According to a June 25, 2015 report from the Treasury Inspector General for Tax Administration, the watchdog agency gets roughly 12,000 calls a week to its fraud hotline. The reason, says Inspector General Russell George, is because of the “largest, most pervasive IRS impersonation scam in the history of this agency.”
This is the scam I wrote about in recent issues of this newsletter and which I discuss extensively in my new book, How to Win Your Tax Audit. A caller telephones a target, claims to be from the IRS and makes outrageous claims that the target will be arrested and will go to jail within the next day if he does not pay delinquent taxes immediately using a credit card. Believe it or not, just within the last week, my son received such a call and I even got one at my home phone number.
Incredibly, the scam works—or at least it works often enough to keep the scammers in business. According to George, “More than 3,300 taxpayers have lost a reported $16.8 million to these criminals, who fraudulently claim to be IRS officials.” He went on to say in his statement that “the federal tax system’s integrity has never been more challenged.”

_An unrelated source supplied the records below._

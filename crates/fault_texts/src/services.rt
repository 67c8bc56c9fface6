use crate::actions::ACTIONS;
use crate::shape::{Need, Row, Shape};

/// The keys of all services.
pub(crate) const SERVICE: &[Row] = &[
    Row {
        key: "slave",
        need: Need::Always,
        shape: Shape::Reference,
        wanted: "the name of a slave of the file",
        why: "the service is asked of this slave",
    },
    Row {
        key: "do",
        need: Need::Always,
        shape: Shape::Word(ACTIONS),
        wanted: "download, upload, download_all, upload_all, list, object, entry, read_file, write_file, read_idn, write_idn, set_ip, get_ip or state",
        why: "",
    },
    Row {
        key: "index",
        need: Need::Always,
        shape: Shape::Number {
            low: 0,
            high: 0xFFFF,
        },
        wanted: "a number from 0 to 65535",
        why: "",
    },
    Row {
        key: "sub",
        need: Need::Always,
        shape: Shape::Number { low: 0, high: 255 },
        wanted: "a number from 0 to 255",
        why: "",
    },
    Row {
        key: "from",
        need: Need::Always,
        shape: Shape::Number { low: 0, high: 255 },
        wanted: "a number from 0 to 255",
        why: "the first subindex, 0 or 1",
    },
    Row {
        key: "kind",
        need: Need::Always,
        shape: Shape::Number {
            low: 0,
            high: 0xFFFF,
        },
        wanted: "a number from 0 to 65535",
        why: "0 counts, 1 all objects, 2 to 5 the lists of access bits 6 to 9",
    },
    Row {
        key: "name",
        need: Need::Always,
        shape: Shape::Name,
        wanted: "a text of 1 to 32 characters, none of them a space or beyond ASCII",
        why: "",
    },
    Row {
        key: "password",
        need: Need::Optional,
        shape: Shape::Number {
            low: 0,
            high: 0xFFFF_FFFF,
        },
        wanted: "a number from 0 to 4294967295",
        why: "",
    },
    Row {
        key: "drive",
        need: Need::Optional,
        shape: Shape::Number { low: 0, high: 7 },
        wanted: "a number from 0 to 7",
        why: "",
    },
    Row {
        key: "number",
        need: Need::Always,
        shape: Shape::Number {
            low: 0,
            high: 0xFFFF,
        },
        wanted: "a number from 0 to 65535",
        why: "",
    },
    Row {
        key: "elements",
        need: Need::Always,
        shape: Shape::Number { low: 0, high: 255 },
        wanted: "a number from 0 to 255",
        why: "1 state, 2 name, 4 attribute, 8 unit, 16 minimum, 32 maximum, 64 value",
    },
    Row {
        key: "value",
        need: Need::Always,
        shape: Shape::Octets {
            least: 0,
            most: 131_072,
        },
        wanted: "hexadecimal digits",
        why: "what is written, the lowest octet ahead",
    },
    Row {
        key: "block",
        need: Need::Always,
        shape: Shape::Octets {
            least: 4,
            most: 1476,
        },
        wanted: "the hexadecimal digits of an address block that fits both mailboxes less 10 octets",
        why: "flags 01, 03, 07, 0f, 1f or 3f, 000000, then MAC 6, IP 4, mask 4, gateway 4, DNS 4, name 32 octets, as many as the flags have bits",
    },
    Row {
        key: "target",
        need: Need::Always,
        shape: Shape::Number { low: 1, high: 8 },
        wanted: "1 Init, 2 PreOp, 4 SafeOp, 8 Op, or with boot = true also 3 Bootstrap",
        why: "",
    },
];

/// The keys of a packet of the host.
pub(crate) const HOST: &[Row] = &[Row {
    key: "packet",
    need: Need::Always,
    shape: Shape::Octets {
        least: 14,
        most: 1514,
    },
    wanted: "hexadecimal digits of 14 to 1514 octets",
    why: "destination 6, source 6, EtherType 2, then the rest",
}];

Why Can’t the IRS Shut These People Down?
That’s a simple question but the answer is not so easy. For one thing, they operate offshore. They are not U.S. citizens and frankly, they have very little practical knowledge of IRS procedures, which is painfully evident when you hear one of their phone messages, or talk with them, as I have done several times. Somehow they bounce their calls through U.S. phone lines so that one’s caller ID shows a U.S. phone number as the incoming line (usually from a Washington, D.C. area code) and the return phone number for calling back is also to a U.S. number.
“Because of the complexity of their operations, scams such as these are not typically resolved quickly,” George said. That could be the understatement of the year. TIGTA’s Office of Investigations is working to identify perpetrators. However, I can’t imagine that much progress will be made when compared to the sheer volume of calls these criminals make. It seems like everybody is getting
these calls. And since the criminals are operating offshore, how would you prosecute them, even assuming you could be a case against them?
Don’t forget that the easiest thing in the world to say to any caller who makes any kind of legal claim against you, as I state in How to Win Your Tax Audit, is “put it in writing.” Don’t ever respond over the phone to demands for information or money, especially from someone claiming to be from the government.